What is expected:
Identify each line below that contains the word "HasOnePolygon", and copy it out.

Saved entries:
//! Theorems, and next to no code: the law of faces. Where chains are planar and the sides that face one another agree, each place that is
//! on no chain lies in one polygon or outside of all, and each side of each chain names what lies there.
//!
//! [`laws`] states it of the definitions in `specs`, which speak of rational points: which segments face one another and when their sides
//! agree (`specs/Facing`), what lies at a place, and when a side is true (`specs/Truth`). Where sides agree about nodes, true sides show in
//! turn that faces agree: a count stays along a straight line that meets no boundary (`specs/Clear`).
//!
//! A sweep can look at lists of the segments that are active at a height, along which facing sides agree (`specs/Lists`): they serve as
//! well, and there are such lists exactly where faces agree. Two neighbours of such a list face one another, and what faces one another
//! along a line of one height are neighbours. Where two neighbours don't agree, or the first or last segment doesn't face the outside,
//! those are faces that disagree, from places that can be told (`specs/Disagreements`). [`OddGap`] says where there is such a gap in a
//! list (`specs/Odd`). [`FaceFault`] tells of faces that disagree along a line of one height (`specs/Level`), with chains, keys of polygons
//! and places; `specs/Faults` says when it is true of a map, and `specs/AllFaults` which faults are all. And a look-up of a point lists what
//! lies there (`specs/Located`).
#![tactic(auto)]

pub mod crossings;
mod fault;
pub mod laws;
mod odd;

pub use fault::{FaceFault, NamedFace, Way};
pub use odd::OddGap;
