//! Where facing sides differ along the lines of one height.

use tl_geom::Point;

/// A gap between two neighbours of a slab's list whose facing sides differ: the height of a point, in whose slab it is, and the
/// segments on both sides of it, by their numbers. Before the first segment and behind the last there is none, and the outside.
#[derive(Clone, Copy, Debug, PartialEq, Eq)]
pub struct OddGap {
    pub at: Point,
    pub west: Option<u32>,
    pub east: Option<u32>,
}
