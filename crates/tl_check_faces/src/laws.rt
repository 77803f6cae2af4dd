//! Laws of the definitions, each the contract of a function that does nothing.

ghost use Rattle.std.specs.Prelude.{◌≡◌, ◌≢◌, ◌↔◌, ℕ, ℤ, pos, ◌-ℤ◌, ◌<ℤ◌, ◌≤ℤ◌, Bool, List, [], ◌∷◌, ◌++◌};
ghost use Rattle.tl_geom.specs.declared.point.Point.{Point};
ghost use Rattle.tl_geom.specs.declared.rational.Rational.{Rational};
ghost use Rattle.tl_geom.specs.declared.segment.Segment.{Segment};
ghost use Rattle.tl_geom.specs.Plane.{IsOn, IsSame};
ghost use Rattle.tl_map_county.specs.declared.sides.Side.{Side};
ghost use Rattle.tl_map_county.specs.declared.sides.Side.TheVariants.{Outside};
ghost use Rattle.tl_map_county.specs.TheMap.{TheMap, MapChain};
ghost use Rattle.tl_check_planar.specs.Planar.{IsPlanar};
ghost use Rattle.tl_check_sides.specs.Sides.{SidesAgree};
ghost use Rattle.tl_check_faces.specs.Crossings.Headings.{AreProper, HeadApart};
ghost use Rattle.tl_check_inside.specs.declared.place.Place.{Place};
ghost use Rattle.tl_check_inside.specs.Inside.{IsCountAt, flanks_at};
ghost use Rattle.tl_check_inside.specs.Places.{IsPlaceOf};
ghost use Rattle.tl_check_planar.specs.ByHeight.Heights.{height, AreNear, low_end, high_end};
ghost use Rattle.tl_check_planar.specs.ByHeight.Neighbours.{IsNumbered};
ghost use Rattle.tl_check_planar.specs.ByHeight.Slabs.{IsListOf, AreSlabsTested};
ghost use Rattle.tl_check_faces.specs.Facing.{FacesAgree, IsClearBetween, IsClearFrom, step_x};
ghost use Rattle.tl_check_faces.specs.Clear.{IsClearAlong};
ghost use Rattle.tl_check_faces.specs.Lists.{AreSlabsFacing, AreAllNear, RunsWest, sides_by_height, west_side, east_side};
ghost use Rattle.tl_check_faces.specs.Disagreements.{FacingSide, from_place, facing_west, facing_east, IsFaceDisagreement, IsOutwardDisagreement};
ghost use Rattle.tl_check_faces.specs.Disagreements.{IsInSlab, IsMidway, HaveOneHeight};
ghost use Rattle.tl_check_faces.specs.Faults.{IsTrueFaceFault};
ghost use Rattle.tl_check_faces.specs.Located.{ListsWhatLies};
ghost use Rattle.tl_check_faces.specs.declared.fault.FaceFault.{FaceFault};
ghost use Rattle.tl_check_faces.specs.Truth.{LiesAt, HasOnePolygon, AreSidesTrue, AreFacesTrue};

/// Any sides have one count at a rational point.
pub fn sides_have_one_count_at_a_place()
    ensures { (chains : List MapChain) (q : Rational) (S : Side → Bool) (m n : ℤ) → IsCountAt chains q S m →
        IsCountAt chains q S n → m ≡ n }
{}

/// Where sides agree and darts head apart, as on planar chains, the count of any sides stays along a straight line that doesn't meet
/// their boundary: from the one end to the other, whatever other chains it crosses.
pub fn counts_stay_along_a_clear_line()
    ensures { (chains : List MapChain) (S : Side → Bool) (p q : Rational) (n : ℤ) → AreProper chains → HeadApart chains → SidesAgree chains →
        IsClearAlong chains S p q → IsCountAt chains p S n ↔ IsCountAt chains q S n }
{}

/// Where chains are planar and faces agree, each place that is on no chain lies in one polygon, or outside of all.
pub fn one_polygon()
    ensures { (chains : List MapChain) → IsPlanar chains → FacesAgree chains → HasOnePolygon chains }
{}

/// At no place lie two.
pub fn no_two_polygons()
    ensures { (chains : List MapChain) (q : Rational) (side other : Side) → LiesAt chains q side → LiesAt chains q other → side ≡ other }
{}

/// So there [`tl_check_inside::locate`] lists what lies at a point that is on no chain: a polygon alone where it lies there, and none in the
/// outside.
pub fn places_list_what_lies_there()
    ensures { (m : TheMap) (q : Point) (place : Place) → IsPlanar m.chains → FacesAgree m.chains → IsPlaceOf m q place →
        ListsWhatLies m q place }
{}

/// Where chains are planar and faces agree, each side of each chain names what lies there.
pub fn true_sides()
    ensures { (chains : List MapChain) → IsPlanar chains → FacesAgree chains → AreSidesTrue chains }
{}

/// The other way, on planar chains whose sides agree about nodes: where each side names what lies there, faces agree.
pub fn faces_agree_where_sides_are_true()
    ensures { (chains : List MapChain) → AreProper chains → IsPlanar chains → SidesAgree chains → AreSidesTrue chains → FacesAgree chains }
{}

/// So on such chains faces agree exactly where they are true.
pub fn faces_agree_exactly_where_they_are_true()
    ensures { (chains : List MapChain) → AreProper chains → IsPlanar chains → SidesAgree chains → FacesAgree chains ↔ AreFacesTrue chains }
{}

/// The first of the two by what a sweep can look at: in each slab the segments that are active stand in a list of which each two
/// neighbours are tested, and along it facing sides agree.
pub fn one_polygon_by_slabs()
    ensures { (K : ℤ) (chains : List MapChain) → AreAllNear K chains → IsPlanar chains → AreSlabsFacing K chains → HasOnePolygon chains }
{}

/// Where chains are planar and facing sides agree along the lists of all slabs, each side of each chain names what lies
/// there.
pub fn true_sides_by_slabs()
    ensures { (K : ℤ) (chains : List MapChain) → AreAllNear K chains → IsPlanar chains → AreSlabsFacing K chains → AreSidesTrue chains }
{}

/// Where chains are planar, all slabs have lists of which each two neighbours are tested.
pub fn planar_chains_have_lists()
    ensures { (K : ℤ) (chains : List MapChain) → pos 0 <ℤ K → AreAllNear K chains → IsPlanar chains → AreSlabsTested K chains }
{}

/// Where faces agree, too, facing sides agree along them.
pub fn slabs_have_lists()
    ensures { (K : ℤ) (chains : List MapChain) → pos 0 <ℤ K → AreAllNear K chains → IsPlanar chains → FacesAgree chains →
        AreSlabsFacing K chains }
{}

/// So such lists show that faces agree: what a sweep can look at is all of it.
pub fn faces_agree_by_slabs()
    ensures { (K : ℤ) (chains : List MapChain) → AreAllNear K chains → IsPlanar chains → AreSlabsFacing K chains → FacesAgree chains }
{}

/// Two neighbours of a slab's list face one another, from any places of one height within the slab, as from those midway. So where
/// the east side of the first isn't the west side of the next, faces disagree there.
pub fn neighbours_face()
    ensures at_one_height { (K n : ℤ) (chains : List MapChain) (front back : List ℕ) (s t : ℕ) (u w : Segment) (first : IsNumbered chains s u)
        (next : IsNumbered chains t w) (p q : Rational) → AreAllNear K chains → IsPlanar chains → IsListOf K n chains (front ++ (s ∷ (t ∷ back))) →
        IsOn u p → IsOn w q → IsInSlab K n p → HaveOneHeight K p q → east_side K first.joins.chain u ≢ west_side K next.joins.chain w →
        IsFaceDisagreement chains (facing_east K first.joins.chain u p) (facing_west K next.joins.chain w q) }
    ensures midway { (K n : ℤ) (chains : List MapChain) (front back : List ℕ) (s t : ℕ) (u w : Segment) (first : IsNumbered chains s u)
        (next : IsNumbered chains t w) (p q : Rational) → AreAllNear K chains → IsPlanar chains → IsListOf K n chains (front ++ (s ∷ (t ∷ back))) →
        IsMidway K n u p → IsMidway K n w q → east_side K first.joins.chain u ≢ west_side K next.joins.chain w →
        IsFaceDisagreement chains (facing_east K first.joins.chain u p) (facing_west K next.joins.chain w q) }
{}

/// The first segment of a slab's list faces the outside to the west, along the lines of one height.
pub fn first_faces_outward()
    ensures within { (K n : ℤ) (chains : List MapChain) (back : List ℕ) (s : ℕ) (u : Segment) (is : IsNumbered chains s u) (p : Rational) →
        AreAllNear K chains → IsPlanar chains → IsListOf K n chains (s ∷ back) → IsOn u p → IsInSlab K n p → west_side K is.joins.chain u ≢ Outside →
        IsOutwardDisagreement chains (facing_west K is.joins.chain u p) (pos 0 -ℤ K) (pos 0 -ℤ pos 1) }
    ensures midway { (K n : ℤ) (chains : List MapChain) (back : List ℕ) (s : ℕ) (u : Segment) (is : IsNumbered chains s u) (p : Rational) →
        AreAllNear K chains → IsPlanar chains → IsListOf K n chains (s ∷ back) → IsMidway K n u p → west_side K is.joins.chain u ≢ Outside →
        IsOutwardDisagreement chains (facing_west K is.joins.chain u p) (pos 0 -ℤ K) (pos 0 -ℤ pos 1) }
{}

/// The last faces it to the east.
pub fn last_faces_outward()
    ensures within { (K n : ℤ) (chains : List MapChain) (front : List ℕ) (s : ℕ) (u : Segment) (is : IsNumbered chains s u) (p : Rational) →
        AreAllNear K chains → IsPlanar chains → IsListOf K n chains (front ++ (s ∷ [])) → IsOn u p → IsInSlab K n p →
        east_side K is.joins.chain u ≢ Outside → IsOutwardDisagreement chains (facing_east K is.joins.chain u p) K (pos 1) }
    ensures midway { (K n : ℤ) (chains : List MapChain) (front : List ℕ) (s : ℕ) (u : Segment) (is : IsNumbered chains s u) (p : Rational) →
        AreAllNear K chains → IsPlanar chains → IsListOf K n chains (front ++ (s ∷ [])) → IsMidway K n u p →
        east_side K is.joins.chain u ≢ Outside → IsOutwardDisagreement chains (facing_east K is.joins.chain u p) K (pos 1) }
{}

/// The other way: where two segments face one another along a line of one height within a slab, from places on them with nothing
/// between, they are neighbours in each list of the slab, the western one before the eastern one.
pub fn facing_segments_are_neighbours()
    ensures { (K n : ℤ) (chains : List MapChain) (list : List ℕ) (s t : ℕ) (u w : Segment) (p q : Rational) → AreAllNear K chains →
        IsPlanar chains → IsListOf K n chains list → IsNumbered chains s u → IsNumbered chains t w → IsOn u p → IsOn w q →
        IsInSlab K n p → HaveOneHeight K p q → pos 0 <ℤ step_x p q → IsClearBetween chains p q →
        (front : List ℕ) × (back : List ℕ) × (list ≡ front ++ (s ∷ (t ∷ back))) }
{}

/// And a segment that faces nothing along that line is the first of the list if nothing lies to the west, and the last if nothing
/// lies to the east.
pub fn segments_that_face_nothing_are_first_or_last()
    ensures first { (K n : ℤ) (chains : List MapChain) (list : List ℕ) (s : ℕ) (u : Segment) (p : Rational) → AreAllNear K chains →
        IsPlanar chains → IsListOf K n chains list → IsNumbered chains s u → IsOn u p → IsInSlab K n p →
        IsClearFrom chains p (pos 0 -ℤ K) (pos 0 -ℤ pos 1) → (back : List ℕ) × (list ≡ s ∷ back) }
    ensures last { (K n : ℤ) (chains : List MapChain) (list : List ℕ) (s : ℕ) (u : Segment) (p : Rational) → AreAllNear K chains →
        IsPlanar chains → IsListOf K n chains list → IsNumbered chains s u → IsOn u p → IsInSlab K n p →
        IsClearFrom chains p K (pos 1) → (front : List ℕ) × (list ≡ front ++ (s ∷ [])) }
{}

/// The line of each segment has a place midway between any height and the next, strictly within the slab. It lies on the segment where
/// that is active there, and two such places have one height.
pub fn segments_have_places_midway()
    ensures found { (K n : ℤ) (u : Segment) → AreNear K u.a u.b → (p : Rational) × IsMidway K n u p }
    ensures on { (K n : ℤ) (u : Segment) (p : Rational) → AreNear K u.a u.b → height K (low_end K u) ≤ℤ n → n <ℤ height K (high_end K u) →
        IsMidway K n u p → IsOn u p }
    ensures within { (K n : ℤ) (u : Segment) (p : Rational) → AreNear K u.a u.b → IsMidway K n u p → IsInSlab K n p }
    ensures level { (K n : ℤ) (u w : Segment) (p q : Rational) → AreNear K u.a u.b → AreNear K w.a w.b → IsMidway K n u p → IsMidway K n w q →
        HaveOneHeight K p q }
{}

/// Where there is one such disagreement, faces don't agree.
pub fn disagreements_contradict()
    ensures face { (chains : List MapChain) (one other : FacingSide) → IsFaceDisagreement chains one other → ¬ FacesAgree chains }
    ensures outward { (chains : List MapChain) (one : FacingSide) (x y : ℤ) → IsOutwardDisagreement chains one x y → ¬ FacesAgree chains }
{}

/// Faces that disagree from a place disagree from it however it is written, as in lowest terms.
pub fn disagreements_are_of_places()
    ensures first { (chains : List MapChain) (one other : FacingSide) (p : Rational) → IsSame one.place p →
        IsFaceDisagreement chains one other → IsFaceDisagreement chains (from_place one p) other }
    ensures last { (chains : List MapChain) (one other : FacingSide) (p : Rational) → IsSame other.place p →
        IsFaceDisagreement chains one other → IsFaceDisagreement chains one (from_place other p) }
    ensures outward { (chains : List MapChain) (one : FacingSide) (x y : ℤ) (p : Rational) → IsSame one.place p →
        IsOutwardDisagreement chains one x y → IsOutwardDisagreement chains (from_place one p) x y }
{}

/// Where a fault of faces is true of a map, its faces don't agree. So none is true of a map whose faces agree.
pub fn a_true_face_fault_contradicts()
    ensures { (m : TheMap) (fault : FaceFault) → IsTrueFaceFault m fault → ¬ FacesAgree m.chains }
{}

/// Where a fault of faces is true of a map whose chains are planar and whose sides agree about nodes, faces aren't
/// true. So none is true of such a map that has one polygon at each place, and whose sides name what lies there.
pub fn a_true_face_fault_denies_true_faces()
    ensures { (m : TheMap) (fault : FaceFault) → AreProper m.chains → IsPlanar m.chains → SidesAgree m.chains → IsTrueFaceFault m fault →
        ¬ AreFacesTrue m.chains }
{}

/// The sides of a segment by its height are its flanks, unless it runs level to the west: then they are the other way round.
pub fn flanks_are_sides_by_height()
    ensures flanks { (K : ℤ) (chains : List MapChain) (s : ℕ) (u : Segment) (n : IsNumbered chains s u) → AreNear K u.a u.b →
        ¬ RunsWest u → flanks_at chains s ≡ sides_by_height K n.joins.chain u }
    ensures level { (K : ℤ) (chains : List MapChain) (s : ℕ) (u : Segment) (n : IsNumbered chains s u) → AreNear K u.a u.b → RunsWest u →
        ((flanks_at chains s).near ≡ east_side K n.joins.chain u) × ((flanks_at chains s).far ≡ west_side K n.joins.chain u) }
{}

Solution to the problem:
ghost use Rattle.tl_check_faces.specs.Truth.{LiesAt, HasOnePolygon, AreSidesTrue, AreFacesTrue};
    ensures { (chains : List MapChain) → IsPlanar chains → FacesAgree chains → HasOnePolygon chains }
    ensures { (K : ℤ) (chains : List MapChain) → AreAllNear K chains → IsPlanar chains → AreSlabsFacing K chains → HasOnePolygon chains }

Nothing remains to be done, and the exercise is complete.